Ultimately, the hacking CFO was doomed to the following FBI investigation, in the course of which the events could be uncovered. Cosbey has been arrested and will probably be able to deal with ready meals for the next few years, but at a completely different level.
March 12, 2019 was a quiet night in DeSoto and Lancaster, suburbs of Dallas, Texas. Until suddenly at half past two the tornado warning sirens started and turned the night into a noise inferno for an hour and a half. Without a real tornado ever.
Since the area in Texas is also known as “Tornado Alley” and the period between March and May is the high season for cyclones, many residents understandably panicked.
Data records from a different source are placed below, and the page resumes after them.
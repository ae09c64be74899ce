// The rules of a RequestAuthentication.
ghost use Rattle.std.specs.Prelude.{◌≡◌};
ghost use Rattle.mesh_doc.specs.declared.reason.Reason.TheVariants.{BadName, BadValue};
ghost use Rattle.mesh_policy.specs.Values.{is_key_set};
ghost use Rattle.policy_json.specs.JwtRules.{is_empty_or_name, jwt_rule_faults, jwt_rule_in, payload_header_faults};
ghost use Rattle.policy_json.specs.Texts.{lower_name_in};

use crate::key_sets::{keys_of, unless_empty};
use crate::texts::{BoundedText, ShortText, is_name, lower};
use crate::token_places::{FromHeader, FromParam, places_of};
use mesh_doc::{
    AnyTruth, DocError, Form, Reason, Spot, Tested, TextTest, listed, optional, required,
};
use mesh_policy::{JwtRule, MOST_ENTRIES, MOST_KEY_SET_BYTES};
use mesh_text::Text;
use serde_json::Value;
use std::alloc::Global;

const ISSUER: &str = "issuer";

const AUDIENCES: &str = "audiences";

const JWKS_URI: &str = "jwksUri";

const JWKS: &str = "jwks";

const FROM_HEADERS: &str = "fromHeaders";

const FROM_PARAMS: &str = "fromParams";

const FORWARD: &str = "forwardOriginalToken";

const PAYLOAD_HEADER: &str = "outputPayloadToHeader";

/// An entry of `jwtRules` (Istio reference, JWTRule). JwtKeys at it unless it has exactly one of `jwksUri` and
/// `jwks`, where an empty text is as none.
pub(crate) struct RuleForm;

impl Form for RuleForm {
    type Out = JwtRule;

    ghost faults = { jwt_rule_faults };

    ghost value = { jwt_rule_in };

    #[tactic(auto, unfolding(crate::specs::JwtRules::jwt_rule_faults, crate::specs::JwtRules::jwt_rule_in))]
    fn read(alloc: Global, v: &Value, at: &Spot) -> Result<JwtRule, DocError> {
        at.only_fields(
            alloc,
            v,
            &[
                ISSUER,
                AUDIENCES,
                JWKS_URI,
                JWKS,
                FROM_HEADERS,
                FROM_PARAMS,
                FORWARD,
                PAYLOAD_HEADER,
            ],
        )?;
        let issuer = required::<ShortText>(alloc, v, ISSUER, at)?;
        let audiences = listed::<ShortText>(alloc, v, AUDIENCES, MOST_ENTRIES, at)?;
        let uri = optional::<BoundedText>(alloc, v, JWKS_URI, at)?;
        let set = optional::<Tested<IsKeySet>>(alloc, v, JWKS, at)?;
        let headers = listed::<FromHeader>(alloc, v, FROM_HEADERS, MOST_ENTRIES, at)?;
        let params = listed::<FromParam>(alloc, v, FROM_PARAMS, MOST_ENTRIES, at)?;
        let forward = optional::<AnyTruth>(alloc, v, FORWARD, at)?;
        let payload_header = optional::<PayloadHeader>(alloc, v, PAYLOAD_HEADER, at)?;
        let Some(keys) = keys_of(unless_empty(uri), unless_empty(set)) else {
            return Err(at.refuse(alloc, Reason::JwtKeys));
        };
        Ok(JwtRule {
            issuer,
            audiences,
            keys,
            places: places_of(alloc, headers, params)?,
            forward: forward.unwrap_or(false),
            payload_header: unless_empty(payload_header),
        })
    }
}

struct IsKeySet;

impl TextTest for IsKeySet {
    ghost passes = { is_key_set };

    ghost reason = { BadValue };

    fn passes(text: &str) -> bool {
        text.len() <= MOST_KEY_SET_BYTES
    }

    fn reason() -> Reason {
        Reason::BadValue
    }
}

// The name of a header in lower case, or an empty text.
struct PayloadHeader;

impl Form for PayloadHeader {
    type Out = Text;

    ghost faults = { payload_header_faults };

    ghost value = { lower_name_in };

    #[tactic(auto, unfolding(crate::specs::Texts::lower_name_in))]
    fn read(alloc: Global, v: &Value, at: &Spot) -> Result<Text, DocError> {
        let name = Tested::<IsEmptyOrName>::read(alloc, v, at)?;
        Ok(lower(alloc, &name)?)
    }
}

struct IsEmptyOrName;

impl TextTest for IsEmptyOrName {
    ghost passes = { is_empty_or_name };

    ghost reason = { BadName };

    fn passes(text: &str) -> bool {
        is_empty_or_name(text)
    }

    fn reason() -> Reason {
        Reason::BadName
    }
}

fn is_empty_or_name(text: &str) -> bool
    ensures { result ≡ is_empty_or_name text.now }
{
    text.is_empty() || is_name(text)
}
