// The conditions of a rule: a key, and values in the form that the key gives them.
ghost use Rattle.serde_json.specs.View.{view};
ghost use Rattle.mesh_doc.specs.Faults.{Reads};
ghost use Rattle.policy_json.specs.Conditions as conditions;
ghost use Rattle.policy_json.specs.Conditions.{condition_faults, condition_in};

use crate::both_listed::{ValueLists, both_listed};
use crate::condition_keys::{ConditionKey, KeyName};
use crate::texts::ShortText;
use crate::values::{BlockValue, PortValue, RequestPrincipal};
use mesh_doc::{DocError, Form, Reason, Spot, required};
use mesh_policy::{Condition, TextKey};
use serde_json::Value;
use std::alloc::Global;

const KEY: &str = "key";

const VALUES: &str = "values";

const NOT_VALUES: &str = "notValues";

/// A condition: its unknown fields, its key, and then the faults of its values in the form that the key gives them.
/// EmptyCondition at one without values.
pub(crate) struct WhenEntry;

impl Form for WhenEntry {
    type Out = Condition;

    ghost faults = { condition_faults };

    ghost value = { condition_in };

    #[tactic(auto, unfolding(crate::specs::Conditions::condition_faults, crate::specs::Conditions::condition_in))]
    fn read(alloc: Global, v: &Value, at: &Spot) -> Result<Condition, DocError> {
        at.only_fields(alloc, v, &[KEY, VALUES, NOT_VALUES])?;
        let key = required::<KeyName>(alloc, v, KEY, at)?;
        with_key(alloc, key, v, at)
    }
}

fn with_key(alloc: Global, key: ConditionKey, v: &Value, at: &Spot) -> Result<Condition, DocError>
    ensures { Reads result
        (conditions.values_faults key (view v.now) at.now)
        (conditions.values_in key (view v.now)) }
{
    match key {
        ConditionKey::Words(key) => {
            let ValueLists { values, not_values } = both_lists::<ShortText>(alloc, v, at)?;
            Ok(Condition::Words {
                key,
                values,
                not_values,
            })
        }
        ConditionKey::Principals => {
            let ValueLists { values, not_values } = both_lists::<RequestPrincipal>(alloc, v, at)?;
            Ok(Condition::Words {
                key: TextKey::AuthPrincipal,
                values,
                not_values,
            })
        }
        ConditionKey::Blocks(key) => {
            let ValueLists { values, not_values } = both_lists::<BlockValue>(alloc, v, at)?;
            Ok(Condition::Blocks {
                key,
                values,
                not_values,
            })
        }
        ConditionKey::Ports => {
            let ValueLists { values, not_values } = both_lists::<PortValue>(alloc, v, at)?;
            Ok(Condition::Ports { values, not_values })
        }
    }
}

#[tactic(auto, unfolding(crate::specs::Conditions::both_faults))]
fn both_lists<F: Form>(alloc: Global, v: &Value, at: &Spot) -> Result<ValueLists<F::Out>, DocError>
    ensures { Reads result
        (conditions.both_faults F.faults F.value (view v.now) at.now)
        (conditions.both_in F.value (view v.now)) }
{
    let lists = both_listed::<F>(alloc, v, VALUES, NOT_VALUES, at)?;
    if lists.values.is_empty() && lists.not_values.is_empty() {
        return Err(at.refuse(alloc, Reason::EmptyCondition));
    }
    Ok(lists)
}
After the incident, the authorities reported that unauthorized persons had accessed the network with malicious intent. A similar incident had already occurred in April 2017, when 156 tornado warning sirens started around Dallas – also in the middle of the night and for no reason. The authorities also attributed this incident to criminal hackers. There is no evidence of the identity of the potential siren serial hackers.
Serious security gaps in home security and baby monitoring devices are nothing new: With techniques such as credential stuffing and driven by lax password security, cybercriminals can use such devices to spy on private individuals or companies.
A hacker who was obviously bored with the sight of a sleeping baby kept shouting “Wake up baby!” into the microphone, which prompted the concerned parents, who were amazed at the voice from the children’s room. When the hacker saw them, he called out numerous profanities to them via the baby monitor. Such and other incidents have meanwhile made IoT-based “jokes” much less common.
This article is based on an article from our US sister publication CSO Online.